My answer would be an extension of DanielSank comment. When there is the conservation of a continuous quantity, the usual way to treat it is through an continuity equation:

$\frac{\partial A}{\partial t}+\nabla \cdot \vec J_A = S_A$

Where one would read that the quantity '$A$' is conserved if the source '$S_A$' is equal to zero. $\vec J_A$ is called 'current' associated with the quantity $A$. Also if $\int |A| dV < \infty$, the value $Q =\int A\ dV$ is constant in time.

Now, to discuss pressure, one would try to write this kind of continuity equation for a fluid. In this setting, the usual approach for normal fluids is to fix $A=\rho \vec v$, which is interpreted as the momentum density of the fluid. One would get:

$\partial_t (\rho \vec v) + \nabla \cdot \sigma = \vec f$

$\vec f$ is the 'volumar force', i.e., the force for unit of volume throughout the fluid. One good example is the newtonian gravity force, which would result in $\vec f = \rho \vec g = - \rho g \hat z$. The definition of pressure comes when decomposing $\sigma$.

Since $A=\rho \vec v$ is a vector field, $\sigma$ is a given point is a tensor (let's restrict to 3x3), called the stress tensor, thus, we would write a 3x3 matrix for it. Using angular momentum conservation, one can show that $\sigma$ is a symmetric matrix. The decomposition goes as follows:

$\sigma_{ij} = (p+\Pi) \delta_{ij}+ \pi_{ij}$

Where $p = p(\rho)$ would be a function of just the density (and other thermodynamic quantities of the fluid), $\Pi$ and $\pi_{ij}$ could depend also on the velocity field of the fluid, and $\pi_{ij}$ is traceless: $\sum_i \pi_{ii} = 0$. What is usually called the pressure is the term $p$.
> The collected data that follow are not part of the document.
//! A link over UDP sockets.
ghost use Rattle.std.specs.Prelude.{List, Option, false, ◌≡◌, ◌++◌, ◌∷◌, ◌==◌, ◌≤◌, ◌+◌, ◌-◌, ◌^◌, [], length, find, map, min, None, Ok, Some, IfSome, OnOk, true};
ghost use Rattle.std.specs.Option.{option_map};
ghost use Rattle.mdcc_base.specs.Causes.{HasCause};
ghost use Rattle.mdcc_link.specs.Link.{AddsLinkCall, LinkCall, ReceivesAtMost, brought};
ghost use Rattle.mdcc_link.specs.Link.LinkCall.{Receive};
ghost use Rattle.mdcc_link.specs.Sockets.{served_by};
ghost use Rattle.mdcc_link.specs.Pauses.{IsNewPauses, busy_at, is_of_pause, limit_for};

use crate::pauses::Pauses;
use crate::sockets::{above_streams, found, is_second, served_by, socket_address};
use crate::{Link, Received};
use libc::net as system;
use libc::types::pollfd;
use mdcc_base::{Address, Failed};
use std::alloc::Global;
use std::net::{Net, UdpSocket};
use std::os::fd::AsRawFd;

/// How many milliseconds a receive waits at most, unless it is told otherwise.
const DEFAULT_WAIT: u16 = 20;

/// In so many parts a wait goes by at most, and the last of them has nothing left: of one millisecond, then each as long as all before it.
const PARTS: u32 = 18;

/// How many bytes of datagrams the system is asked to keep at a socket, as it counts them. It keeps at most what it allows
/// (net.core.rmem_max), and without this request mostly some hundred datagrams.
const KEPT_BYTES: u32 = 4 << 20;

/// A millisecond in which no datagram came counts as so many, so that a pause comes before long where datagrams are few but never a
/// whole wait apart.
const MILLISECOND_WEIGHT: u32 = 16;

#[derive(Drop)]
struct Endpoint {
    at: u8,
    socket: UdpSocket,
}

/// UDP sockets, one for each endpoint. A receive at an endpoint where nothing lies waits for what comes at it or at the other endpoint
/// of its centre, K and 16 + K, for 20 milliseconds at most, or for as long as `set_wait` says, and looks once more. Only one that is at
/// a client's endpoint just after one at its centre's own waits for nothing: the first of the two waited for both. So where both answer
/// that nothing came, nothing came at either for the whole wait, or the centre has a pause: after 4,096 datagrams, and more where the
/// wait is longer, the two receives of a turn answer so, though something may lie there. A centre to which datagrams come all the time
/// needs that, since time passes for it only where nothing comes, and what was lost on the way is asked for again only as time passes. A
/// datagram that finds no receiver is no fault of a later receive, nor is a moment in which the system has no memory for one.
#[derive(Drop)]
pub struct UdpLink<'a, R: Net> {
    net: &'a R,
    endpoints: Vec<Endpoint>,
    before: Option<u8>,
    wait: u16,
    was_silent: bool,
    pauses: Pauses,
    lost: u64,
    faults: u64,
}

impl<'a, R: Net> UdpLink<'a, R> {
    /// A link with no endpoint.
    pub fn new(alloc: Global, net: &'a R) -> Self
        ensures endpoints { result.endpoints.items ≡ [] }
        ensures before { result.before ≡ None }
        ensures wait { result.wait ≡ 20 }
        ensures silence { result.was_silent ≡ false }
        ensures pauses { IsNewPauses result.pauses }
        ensures lost { result.lost ≡ 0 }
        ensures faults { result.faults ≡ 0 }
    {
        UdpLink {
            net,
            endpoints: Vec::new(alloc),
            before: None,
            wait: DEFAULT_WAIT,
            was_silent: false,
            pauses: Pauses::new(),
            lost: 0,
            faults: 0,
        }
    }

    // The socket of an endpoint.
    fn socket(&self, at: u8) -> Option<&UdpSocket>
        ensures { option_map (λ socket. socket.now) result ≡ option_map (λ e. e.socket) (find (λ e. e.at == at) self.now.endpoints.items) }
    {
        let endpoint = self.endpoints.iter().find(|endpoint| endpoint.at == at)?;
        Some(&endpoint.socket)
    }

    // Asks for room for the datagrams that come while a centre waits for its disk. Where it is refused, the socket serves as it is.
    fn ask_for_room(socket: &UdpSocket) {
        let mut value = [0u8; 16];
        value[..4].copy_from_slice(&KEPT_BYTES.to_le_bytes());
        let fd = socket.as_raw_fd();
        let _status = unsafe {
            system::setsockopt(fd, system::SOL_SOCKET, system::SO_RCVBUF, &value, 4)
        };
    }

    // Binds a socket, where the endpoint has none.
    fn open(&mut self, at: u8, address: Address) -> Option<()>
        ensures opened { IfSome result (λ _. map (λ e. e.at) self.new.endpoints.items ≡ map (λ e. e.at) self.old.endpoints.items ++ at ∷ []) }
        ensures lost { self.new.lost ≡ self.old.lost }
        ensures faults { self.new.faults ≡ self.old.faults }
    {
        if self.socket(at).is_some() {
            return None;
        }
        let socket = UdpSocket::bind(self.net, socket_address(address)).ok()?;
        let socket = above_streams(socket).ok()?;
        socket.set_nonblocking(true).ok()?;
        Self::ask_for_room(&socket);
        self.endpoints.push(Endpoint { at, socket }).ok()
    }

    // Takes what waits at the endpoint, with no wait.
    fn take(&self, at: u8, into: &mut [u8]) -> Option<Received>
        ensures { IfSome result (λ r. ReceivesAtMost (Ok r) (length into.new)) }
    {
        let ended = self.socket(at)?.recv_from(into);
        found(ended)
    }

    // What the system is asked of an endpoint: whether it has something to read. It passes over -1.
    fn request(&self, at: u8) -> pollfd {
        let fd = match self.socket(at) {
            Some(socket) => socket.as_raw_fd(),
            None => -1,
        };
        pollfd {
            fd,
            events: system::POLLIN,
            revents: 0,
        }
    }

    // Whether the endpoint has a datagram to read now, with no wait. Without a socket, or after an error, it has none.
    fn has_datagram(&self, at: u8) -> bool {
        let mut requests = [self.request(at)];
        let ready = system::poll(&mut requests, 0);
        ready > 0 && requests[0].revents & system::POLLIN != 0
    }

    // Waits for a datagram at one of two endpoints, at most so many milliseconds. Answers whether one came.
    fn comes_in(&self, at: u8, other: u8, milliseconds: u16) -> bool {
        let mut requests = [self.request(at), self.request(other)];
        system::poll(&mut requests, i32::from(milliseconds)) > 0
    }

    // Waits for a datagram at an endpoint or at the other one of its centre. The part of the wait that went by before one came counts.
    fn wait_at(&mut self, at: u8)
        ensures busy { busy_at at self.old.pauses ≤ busy_at at self.new.pauses }
        ensures lost { self.new.lost ≡ self.old.lost }
        ensures faults { self.new.faults ≡ self.old.faults }
    {
        let other = if at > 16 { at - 16 } else { at + 16 };
        let mut over: u16 = 0;
        for _ in 0..PARTS {
            let part = self.wait.saturating_sub(over).min(over.max(1));
            self.was_silent = part == 0;
            if self.was_silent || self.comes_in(at, other, part) {
                return;
            }
            self.pauses.count(at, MILLISECOND_WEIGHT * u32::from(part));
            over = over.saturating_add(part);
        }
    }

    // Takes what waits at the endpoint, or what comes before the wait is over.
    fn take_in_time(&mut self, at: u8, into: &mut [u8]) -> Option<Received>
        ensures bound { IfSome result (λ r. ReceivesAtMost (Ok r) (length into.new)) }
        ensures busy { busy_at at self.old.pauses ≤ busy_at at self.new.pauses }
        ensures lost { self.new.lost ≡ self.old.lost }
        ensures faults { self.new.faults ≡ self.old.faults }
    {
        let first = self.take(at, into)?;
        if first != Received::Nothing || is_second(self.before, at) {
            return Some(first);
        }
        self.wait_at(at);
        self.take(at, into)
    }
}

impl<'a, R: Net> Link for UdpLink<'a, R> {
    ghost calls = { λ _. None };

    ghost lost = { λ link. link.lost };

    ghost faults = { λ link. link.faults };

    ghost waiting = { λ _ _. None };

    fn bind(&mut self, at: u8, address: Address) -> Result<(), Failed> {
        if self.open(at, address).is_none() {
            self.faults = self.faults.saturating_add(1);
            return Err(Failed);
        }
        Ok(())
    }

    fn send(&mut self, from: u8, to: Address, bytes: &[u8]) -> Result<(), Failed> {
        if let Some(socket) = self.socket(from) {
            if socket.send_to(bytes, socket_address(to)).is_ok() {
                return Ok(());
            }
        }
        self.lost = self.lost.saturating_add(1);
        Err(Failed)
    }

    fn receive(&mut self, at: u8, into: &mut [u8]) -> Result<Received, Failed>
        ensures bound { ReceivesAtMost result (length into.new) }
        ensures call { AddsLinkCall (Receive at (length into.new) result (brought result into.new)) None None result }
        ensures cause { HasCause self.old.faults self.new.faults result }
        ensures only { OnOk result (self.new.faults ≡ self.old.faults) }
        ensures sends { self.new.lost ≡ self.old.lost }

        // In a pause nothing comes.
        ensures pause { is_of_pause at self.old.pauses ≡ true → (result ≡ Ok Received.Nothing) × (into.new ≡ into.old) }
        // What comes is counted.
        ensures counts { served_by at result ≡ Some at → min (busy_at at self.old.pauses + 1) (2 ^ 32 - 1) ≤ busy_at at self.new.pauses }
    {
        if self.pauses.covers(at) {
            self.before = Some(at);
            return Ok(Received::Nothing);
        }
        self.was_silent = false;
        let answer = self.take_in_time(at, into).ok_or(Failed);
        self.before = Some(at);
        if served_by(at, &answer).is_some() {
            self.pauses.count(at, 1);
        } else if self.was_silent {
            self.pauses.restart(at);
        }
        if answer.is_err() {
            self.faults = self.faults.saturating_add(1);
        }
        answer
    }

    fn waits(&self, at: u8) -> bool {
        self.has_datagram(at)
    }

    fn set_wait(&mut self, milliseconds: u16)
        ensures calls { ◌≡◌ {A = Option (List LinkCall)} None None }
        ensures sends { self.new.lost ≡ self.old.lost }
        ensures receives { self.new.faults ≡ self.old.faults }
        ensures wait { self.new.wait ≡ milliseconds }
        ensures pauses { self.new.pauses ≡ record self.old.pauses { limit = limit_for milliseconds } }
    {
        self.wait = milliseconds;
        self.pauses.set_wait(milliseconds);
    }
}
If there is no velocity field, $\Pi$ and $\pi_{ij}$ zero, thus one can read the pressure as one third of the trace of stress tensor:

$p = \frac{1}{3} \sum_i \sigma_{ii}$

In this context, and also setting $\vec f=0$, one identifies the integrated momentum flow with the pressure, because one gets, for a surface $\Sigma=\partial \Omega$, boundary of a region $\Omega$:

$\int_\Omega\ (\nabla \cdot \sigma )\ dV = \int_{\partial \Omega}\ \sigma \cdot d\vec S = \int_{\partial \Omega}\ p\ d\vec S$

Thus interpreting the change of the momentum in a given region as the integrated pressure over the boundary surface. One can directly see that if either $\Pi$ or $\pi_{ij}$ is non-zero, there are other contributions to the momentum flow.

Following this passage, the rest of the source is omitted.